| What the task requires |
Every entry below needs to be copied exactly.
══════════
//! What a milestone bars. Written by `bench/rows/rows.py`.
use crate::rows::{Row, is_answered};

static ROWS_1: [Row; 16] = [
    Row {
        shows: "milestone 15 bars 1",
        capacity: 100,
        starts: true,
        lines: r#"%+6(09:00)
!+7(09:05)
*+9(10:00)
%+10(10:01)
%+13(09:58)
%+14(10:02)
$+<
%+15(10:03)
$+<
"#,
        replies: r#"^
^
^
^
^
^
^
^
^
^
_204
"#,
    },
    Row {
        shows: "milestone 16 bars 2",
        capacity: 100,
        starts: true,
        lines: r#"*+9(10:00)
%+10(10:01)
%+13(09:58)
%+14(10:02)
%+15(10:03)
$+2(10:15)
%+16(10:12)
$+2(10:15)
"#,
        replies: r#"^
^
^
^
^
^
^
^
^
_204
"#,
    },
    Row {
        shows: "milestone 6 bars 3",
        capacity: 100,
        starts: true,
        lines: r#"$+3(08:00)
%+6(09:00)
$+3(08:00)
"#,
        replies: r#"^
^
^
^
_204
"#,
    },
    Row {
        shows: "milestone 6 bars 4",
        capacity: 100,
        starts: true,
        lines: r#"%+4(09:10)
%+6(09:00)
%+4(09:10)
"#,
        replies: r#"^
^
^
^
_204
"#,
    },
    Row {
        shows: "milestone 6 bars 5",
        capacity: 100,
        starts: true,
        lines: r#"%+5(09:08)
%+6(09:00)
%+5(09:08)
"#,
        replies: r#"^
^
^
^
_204
"#,
    },
    Row {
        shows: "milestone 7 bars 6",
        capacity: 100,
        starts: true,
        lines: r#"%+6(09:00)
%+6(09:00)
!+7(09:05)
%+6(09:00)
"#,
        replies: r#"^
^
^
^
^
_204
"#,
    },
    Row {
        shows: "milestone 15 bars 7",
        capacity: 100,
        starts: true,
        lines: r#"%+6(09:00)
!+7(09:05)
*+9(10:00)
%+10(10:01)
%+13(09:58)
%+14(10:02)
!+7(09:05)
%+15(10:03)
!+7(09:05)
"#,
        replies: r#"^
^
^
^
^
^
^
^
^
^
_204
"#,
    },
    Row {
        shows: "milestone 15 bars 8",
        capacity: 100,
        starts: true,
        lines: r#"%+6(09:00)
!+7(09:05)
*+9(10:00)
%+10(10:01)
%+13(09:58)
%+14(10:02)
*+8(09:06)
%+15(10:03)
*+8(09:06)
"#,
        replies: r#"^
^
^
^
^
^
^
^
^
^
_204
"#,
    },
    Row {
        shows: "milestone 14 bars 9",
        capacity: 100,
        starts: true,
        lines: r#"*+9(10:00)
%+10(10:01)
%+13(09:58)
*+9(10:00)
%+14(10:02)
*+9(10:00)
"#,
        replies: r#"^
^
^
^
^
^
^
_204
"#,
    },
    Row {
        shows: "milestone 15 bars 10",
        capacity: 100,
        starts: true,
        lines: r#"%+6(09:00)
!+7(09:05)
*+9(10:00)
%+10(10:01)
%+13(09:58)
%+14(10:02)
%+10(10:01)
%+15(10:03)
%+10(10:01)
"#,
        replies: r#"^
^
^
^
^
^
^
^
^
^
_204
"#,
    },
    Row {
        shows: "milestone 15 bars 11",
        capacity: 100,
        starts: true,
        lines: r#"%+6(09:00)
!+7(09:05)
*+9(10:00)
%+10(10:01)
%+13(09:58)
%+14(10:02)
*+11(09:40)
%+15(10:03)
*+11(09:40)
"#,
        replies: r#"^
^
^
^
^
^
^
^
^
^
_204
"#,
    },
    Row {
        shows: "milestone 15 bars 12",
        capacity: 100,
        starts: true,
        lines: r#"%+6(09:00)
!+7(09:05)
*+9(10:00)
%+10(10:01)
%+13(09:58)
%+14(10:02)
&+12(09:55)
%+15(10:03)
&+12(09:55)
"#,
        replies: r#"^
^
^
^
^
^
^
^
^
^
_204
"#,
    },
    Row {
        shows: "milestone 15 bars 13",
        capacity: 100,
        starts: true,
        lines: r#"%+6(09:00)
!+7(09:05)
*+9(10:00)
%+10(10:01)
%+13(09:58)
%+14(10:02)
%+13(09:58)
%+15(10:03)
%+13(09:58)
"#,
        replies: r#"^
^
^
^
^
^
^
^
^
^
_204
"#,
    },
    Row {
        shows: "milestone 15 bars 14",
        capacity: 100,
        starts: true,
        lines: r#"%+6(09:00)
!+7(09:05)
*+9(10:00)
%+10(10:01)
%+13(09:58)
%+14(10:02)
%+14(10:02)
%+15(10:03)
%+14(10:02)
"#,
        replies: r#"^
^
^
^
^
^
^
^
^
^
_204
"#,
    },
    Row {
        shows: "milestone 16 bars 15",
        capacity: 100,
        starts: true,
        lines: r#"*+9(10:00)
%+10(10:01)
%+13(09:58)
%+14(10:02)
%+15(10:03)
%+15(10:03)
%+16(10:12)
%+15(10:03)
"#,
        replies: r#"^
^
^
^
^
^
^
^
^
_204
"#,
    },
    Row {
        shows: "milestone 16 bars 16",
        capacity: 100,
        starts: true,
        lines: r#"*+9(10:00)
%+10(10:01)
%+13(09:58)
%+14(10:02)
%+15(10:03)
%+16(10:12)
%+16(10:12)
"#,
        replies: r#"^
^
^
^
^
^
^
^
_204
"#,
    },
];

#[test]
fn part_1(rt: HostRuntime) {
    for row in &ROWS_1 {
        is_answered(&rt, rt.alloc(), row);
    }
}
══════════
| Answer space |
//! What a milestone bars. Written by `bench/rows/rows.py`.
use crate::rows::{Row, is_answered};

static ROWS_1: [Row; 16] = [
    Row {
        shows: "milestone 15 bars 1",
        capacity: 100,
        starts: true,
        lines: r#"%+6(09:00)
!+7(09:05)
*+9(10:00)
%+10(10:01)
%+13(09:58)
%+14(10:02)
$+<
%+15(10:03)
$+<
"#,
        replies: r#"^
^
^
^
^
^
^
^
^
^
_204
"#,
    },
    Row {
        shows: "milestone 16 bars 2",
        capacity: 100,
        starts: true,
        lines: r#"*+9(10:00)
%+10(10:01)
%+13(09:58)
%+14(10:02)
%+15(10:03)
$+2(10:15)
%+16(10:12)
$+2(10:15)
"#,
        replies: r#"^
^
^
^
^
^
^
^
^
_204
"#,
    },
    Row {
        shows: "milestone 6 bars 3",
        capacity: 100,
        starts: true,
        lines: r#"$+3(08:00)
%+6(09:00)
$+3(08:00)
"#,
        replies: r#"^
^
^
^
_204
"#,
    },
    Row {
        shows: "milestone 6 bars 4",
        capacity: 100,
        starts: true,
        lines: r#"%+4(09:10)
%+6(09:00)
%+4(09:10)
"#,
        replies: r#"^
^
^
^
_204
"#,
    },
    Row {
        shows: "milestone 6 bars 5",
        capacity: 100,
        starts: true,
        lines: r#"%+5(09:08)
%+6(09:00)
%+5(09:08)
"#,
        replies: r#"^
^
^
^
_204
"#,
    },
    Row {
        shows: "milestone 7 bars 6",
        capacity: 100,
        starts: true,
        lines: r#"%+6(09:00)
%+6(09:00)
!+7(09:05)
%+6(09:00)
"#,
        replies: r#"^
^
^
^
^
_204
"#,
    },
    Row {
        shows: "milestone 15 bars 7",
        capacity: 100,
        starts: true,
        lines: r#"%+6(09:00)
!+7(09:05)
*+9(10:00)
%+10(10:01)
%+13(09:58)
%+14(10:02)
!+7(09:05)
%+15(10:03)
!+7(09:05)
"#,
        replies: r#"^
^
^
^
^
^
^
^
^
^
_204
"#,
    },
    Row {
        shows: "milestone 15 bars 8",
        capacity: 100,
        starts: true,
        lines: r#"%+6(09:00)
!+7(09:05)
*+9(10:00)
%+10(10:01)
%+13(09:58)
%+14(10:02)
*+8(09:06)
%+15(10:03)
*+8(09:06)
"#,
        replies: r#"^
^
^
^
^
^
^
^
^
^
_204
"#,
    },
    Row {
        shows: "milestone 14 bars 9",
        capacity: 100,
        starts: true,
        lines: r#"*+9(10:00)
%+10(10:01)
%+13(09:58)
*+9(10:00)
%+14(10:02)
*+9(10:00)
"#,
        replies: r#"^
^
^
^
^
^
^
_204
"#,
    },
    Row {
        shows: "milestone 15 bars 10",
        capacity: 100,
        starts: true,
        lines: r#"%+6(09:00)
!+7(09:05)
*+9(10:00)
%+10(10:01)
%+13(09:58)
%+14(10:02)
%+10(10:01)
%+15(10:03)
%+10(10:01)
"#,
        replies: r#"^
^
^
^
^
^
^
^
^
^
_204
"#,
    },
    Row {
        shows: "milestone 15 bars 11",
        capacity: 100,
        starts: true,
        lines: r#"%+6(09:00)
!+7(09:05)
*+9(10:00)
%+10(10:01)
%+13(09:58)
%+14(10:02)
*+11(09:40)
%+15(10:03)
*+11(09:40)
"#,
        replies: r#"^
^
^
^
^
^
^
^
^
^
_204
"#,
    },
    Row {
        shows: "milestone 15 bars 12",
        capacity: 100,
        starts: true,
        lines: r#"%+6(09:00)
!+7(09:05)
*+9(10:00)
%+10(10:01)
%+13(09:58)
%+14(10:02)
&+12(09:55)
%+15(10:03)
&+12(09:55)
"#,
        replies: r#"^
^
^
^
^
^
^
^
^
^
_204
"#,
    },
    Row {
        shows: "milestone 15 bars 13",
        capacity: 100,
        starts: true,
        lines: r#"%+6(09:00)
!+7(09:05)
*+9(10:00)
%+10(10:01)
%+13(09:58)
%+14(10:02)
%+13(09:58)
%+15(10:03)
%+13(09:58)
"#,
        replies: r#"^
^
^
^
^
^
^
^
^
^
_204
"#,
    },
    Row {
        shows: "milestone 15 bars 14",
        capacity: 100,
        starts: true,
        lines: r#"%+6(09:00)
!+7(09:05)
*+9(10:00)
%+10(10:01)
%+13(09:58)
%+14(10:02)
%+14(10:02)
%+15(10:03)
%+14(10:02)
"#,
        replies: r#"^
^
^
^
^
^
^
^
^
^
_204
"#,
    },
    Row {
        shows: "milestone 16 bars 15",
        capacity: 100,
        starts: true,
        lines: r#"*+9(10:00)
%+10(10:01)
%+13(09:58)
%+14(10:02)
%+15(10:03)
%+15(10:03)
%+16(10:12)
%+15(10:03)
"#,
        replies: r#"^
^
^
^
^
^
^
^
^
_204
"#,
    },
    Row {
        shows: "milestone 16 bars 16",
        capacity: 100,
        starts: true,
        lines: r#"*+9(10:00)
%+10(10:01)
%+13(09:58)
%+14(10:02)
%+15(10:03)
%+16(10:12)
%+16(10:12)
"#,
        replies: r#"^
^
^
^
^
^
^
^
_204
"#,
    },
];

#[test]
fn part_1(rt: HostRuntime) {
    for row in &ROWS_1 {
        is_answered(&rt, rt.alloc(), row);
    }
}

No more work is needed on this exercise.